Back to work tomorrow.

Another summer weekend

What started as a quiet Sunday afternoon picked up a bit. Mrs. Poolman and I were planning on just hanging around our pool, catching up on reading, blogging, etc. Then a handful of the neighborhood kids rang the doorbell and asked if they could swim. They have been asking all summer and my answer has been the same each time. “You need to have a parent here with you. Go ask your Mom or Dad.” In the past couple of summers, we let the kids swim on occasion. An attorney friend told us that we were absolutely crazy to do that without at least one parent from each family there to assume responsibility. Well today, for the first time all summer, one of the Moms called to confirm the invitation and to say she would be down with her kids and a couple of the others that she was looking after this afternoon.

What's going on here?

What's going on here?

So we spent a couple of hours watching a group of 9-12 year olds trying to drown each other. Loads of fun.

Yesterday, we did our neighborly good-deed and had a small dinner party for a couple of friends and two couples who have just moved to the area. The wife-half of one of the couples is our new business officer. The other couple I met through work, and then discovered they had moved ito a house about 100 feet from our front door. Small world.

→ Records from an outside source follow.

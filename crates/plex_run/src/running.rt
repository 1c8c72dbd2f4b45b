//! The run of a script, and what is written of it.
ghost use Rattle.std.specs.Prelude.{◌≡◌, ◌⊎◌, true, false, is_some, ◌≤◌, ◌<◌, ◌^◌, length, IfOk};
ghost use Rattle.std.specs.Vec.{vec_len};
ghost use Rattle.plex_load.specs.CfTypes.declared.limits.TheConstants.{LINKS};
ghost use Rattle.plex_agent.specs.PlexBoard.Runnable.{IsRunnable};
ghost use Rattle.run_laws.specs.Readings.{report_of};
ghost use Rattle.plex_run.specs.Wires.{wires};
ghost use Rattle.plex_run.specs.StatusLines.{memory_line};
ghost use Rattle.plex_run.specs.Written.{output, HasFailed, Writes, WritesFront, Gains, BreaksOff};
ghost use Rattle.plex_run.specs.Outcome.{full_of, reading_of, run_text, IsRunOf, EndsRun};

use crate::full::full_structure;
use crate::program::JOURNAL_LIMIT;
use crate::way::Way;
use crate::writing::{Unwritten, say_no_memory, write_run};
use plex_agent::links::Link;
use plex_agent::sources::Sink;
use plex_agent::{Finished, Gate, serial, threads};
use plex_load::scripts::Script;
use plex_load::types::NoMemory;
use std::alloc::Global;
use std::mem;
use std::sync::Wait;
use std::thread::Threads;

// Runs a script in this way over these links, which come back.
#[tactic(auto, using(crate::proofs::RunLaws::serial_run_is, crate::proofs::RunLaws::threads_run_is))]
fn run_by<R: Threads + Wait + Sync, L: Link, G: Gate>(
    rt: &R,
    alloc: Global,
    way: Way,
    script: &Script,
    links: Vec<L>,
    gate: &G,
) -> (Result<Finished, NoMemory>, Vec<L>)
    requires script { IsRunnable script.now }
    requires links { vec_len links ≡ LINKS }
    ensures run { IfOk result.0 (λ it. IsRunOf (wires L.calls L.downs L.faults links.items
        result.1.items) way script.now (reading_of it)) }
    ensures count { length result.1.items ≡ length links.items }
{
    match way {
        Way::InTurn => serial(rt, alloc, JOURNAL_LIMIT, script, links),
        Way::OnThreads => threads(rt, alloc, JOURNAL_LIMIT, script, links, gate),
    }
}

/// Runs a script in this way over these links, and puts them back.
pub(crate) fn run_over<R: Threads + Wait + Sync, L: Link, G: Gate>(
    rt: &R,
    alloc: Global,
    way: Way,
    script: &Script,
    links: &mut Vec<L>,
    gate: &G,
) -> Result<Finished, NoMemory>
    requires script { IsRunnable script.now }
    requires links { vec_len links.old ≡ LINKS }
    ensures run { IfOk result (λ it. IsRunOf (wires L.calls L.downs L.faults links.old.items
        links.new.items) way script.now (reading_of it)) }
    ensures count { length links.new.items ≡ length links.old.items }
{
    let taken = mem::replace(links, Vec::new(alloc));
    let (finished, back) = run_by(rt, alloc, way, script, taken, gate);
    *links = back;
    finished
}

// Writes what a run left, and tells the status. Where a journal got full, a failing write changes
// nothing else.
fn written<K: Sink>(alloc: Global, script: &Script, finished: &Finished, sink: &mut K) -> u8
    ensures whole { result ≡ 0 → Writes (output K.held K.faults sink.old sink.new)
        (run_text script.now (reading_of finished.now)) }
    ensures none_full { (result ≡ 0) ⊎ (result ≡ 5)
        → is_some (full_of script.now (reading_of finished.now)) ≡ false }
    ensures full { result ≡ 8 → (is_some (full_of script.now (reading_of finished.now)) ≡ true)
        × Gains (output K.held K.faults sink.old sink.new)
        (run_text script.now (reading_of finished.now)) }
    ensures front { result ≡ 5 → HasFailed (output K.held K.faults sink.old sink.new)
        × WritesFront (output K.held K.faults sink.old sink.new)
        (run_text script.now (reading_of finished.now)) }
    ensures broken_off { result ≡ 6 → BreaksOff (output K.held K.faults sink.old sink.new)
        (run_text script.now (reading_of finished.now)) memory_line }
    ensures short { result ≡ 0
        → length (report_of script.now (reading_of finished.now)) < 2 ^ 64 }
    ensures statuses { (result ≡ 0) ⊎ ((result ≡ 8) ⊎ ((result ≡ 5) ⊎ (result ≡ 6))) }
    ensures faults { K.faults sink.old ≤ K.faults sink.new }
{
    let full = full_structure(script.structures.items(), finished.transcripts.items());
    let wrote = write_run(alloc, full, script, finished, sink);
    if let Err(Unwritten::NoMemory(cause)) = wrote {
        say_no_memory(cause, sink);
        return 6;
    }
    if full.is_some() {
        return 8;
    }
    match wrote {
        Ok(()) => 0,
        Err(_) => 5,
    }
}

/// Runs a script in this way, writes what is left of the run, and tells the status.
pub(crate) fn reported<R: Threads + Wait + Sync, K: Sink, L: Link, G: Gate>(
    rt: &R,
    alloc: Global,
    way: Way,
    script: &Script,
    sink: &mut K,
    links: &mut Vec<L>,
    gate: &G,
) -> u8
    requires script { IsRunnable script.now }
    requires links { vec_len links.old ≡ LINKS }
    ensures ends { EndsRun (wires L.calls L.downs L.faults links.old.items links.new.items)
        way script.now (output K.held K.faults sink.old sink.new) result }
    ensures statuses { (result ≡ 0) ⊎ ((result ≡ 8) ⊎ ((result ≡ 5) ⊎ (result ≡ 6))) }
    ensures faults { K.faults sink.old ≤ K.faults sink.new }
    ensures count { length links.new.items ≡ length links.old.items }
{
    let finished = match run_over(rt, alloc, way, script, links, gate) {
        Ok(finished) => finished,
        Err(cause) => {
            say_no_memory(cause, sink);
            return 6;
        }
    };
    written(alloc, script, &finished, sink)
}
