// The waiter at a place, where it waits for this resource.
#[tactic(auto, using(cf_lists::proofs::RankLaws::placed_none))]
fn at_on<'a>(entries: &'a [Waiting], r: &Resource, k: usize) -> Option<&'a Waiter>
    requires entries { AreEntries entries.now }
    requires few { length (joined entries.now) < 4294967296 }
    ensures { option_map (λ waiter. waiter.now) result
        ≡ placed_on part_of r.now k (waiters_in entries.now) }
{
    let before = count_all_ahead(entries, r);
    if k < before {
        return None;
    }
    let slot = slot_of(entries, r);
    nth_in(&entries[slot], r, k - before)
}

// The waiter at a place, where it waits for a resource of this entry.
#[tactic(auto, using(cf_lists::proofs::RankLaws::placed_here, cf_lists::proofs::EntryTableLaws::in_order))]
fn at_in<'a>(entries: &'a [Waiting], waiters: &'a Waiting, k: usize) -> Option<&'a Waiter>
    requires entries { AreEntries entries.now }
    requires few { length (joined entries.now) < 4294967296 }
    ensures { MatchOption result
        (IsTrue (list_all (λ waiter. not (is_some (placed_on part_of waiter.r k
        (waiters_in entries.now)))) waiters.now))
        (λ waiter. slice_get (waiters_in entries.now) k ≡ Some waiter.now) }
{
    for waiter in waiters.iter() {
        if let Some(found) = at_on(entries, &waiter.r, k) {
            return Some(found);
        }
    }
    None
}

// The waiter at a place, found without the order of all.
#[tactic(auto, using(cf_lists::proofs::PassLaws::all_next, cf_lists::proofs::RankLaws::none_placed_on, cf_lists::proofs::PassLaws::joined_past))]
fn search_at<'a>(entries: &'a [Waiting], k: usize) -> Option<&'a Waiter>
    requires entries { AreEntries entries.now }
    requires few { length (joined entries.now) < 4294967296 }
    ensures { option_map (λ waiter. waiter.now) result ≡ slice_get (waiters_in entries.now) k }
{
    for waiters in entries {
        if let Some(found) = at_in(entries, waiters, k) {
            return Some(found);
        }
    }
    None
}

// The last waiter by resource and then in order.
#[tactic(auto, using(cf_lists::proofs::RankLaws::last_next, cf_lists::proofs::RankLaws::last_past))]
fn last_in<'a>(entries: &'a [Waiting]) -> Option<&'a Waiter>
    ensures { option_map (λ waiter. waiter.now) result ≡ last_of part_of (joined entries.now) }
{
    let mut last = None;
    for waiters in entries {
        last = last_among(waiters, last);
    }
    last
}

// The resource at a place.
fn key_at(order: &[Resource], k: usize) -> Option<Resource>
    ensures { result ≡ slice_get order.now k }
{
    order.get(k).copied()
}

We did a “low country boil.” It’s also known as Frogmore Stew, after a town on St. Helena Island, SC, in the heart of Gullah country.  For those of you now familiar with the term, this is a popular regional “party meal,” similar conceptually to a clam bake in  Maine, a full-steer barbecue in Texas, etc. It usually involves a social gathering.

You start with a set-up like this.

The 'rig"

The 'rig"

Into the pot of water you add some “crab boil” seasoning,  red potatoes, short-ears of corn (I don’ t know why you use short ears, you just do.) and a sausage,  like kielbasa.

Everything except the shrimp

Everything except the shrimp

Cook that until it is good and done. I usually remove the sausage and vegetables before adding the final, most important ingredient – shrimp. (If you are feeling elaborate, you can also add some crab legs. That gets away from the traditional “low country” part of the recipe, however. The only Kind Crabs or Snow Crabe you will find in this part of the country are in the frozen food section of Publix. We stuck with the traditional recipe this time.)  It is amazing how quickly the shrimp cooks. It usually turns pink and plump in about a minute or so.

You take the whole mess and dump it onto a newspaper-covered table or large platter. This arrangement is much neater than a typical presentation, courtesy of Mrs. Poolman.

The end product

The end product

Throw in some garlic bread and maybe some cole slaw and you have an excellent party-meal.

Back to work tomorrow. Later this week, we will be the overnight hosts for several homeless families who will be staying at our church this week. We’ve never done anything like that before, so it should be interesting.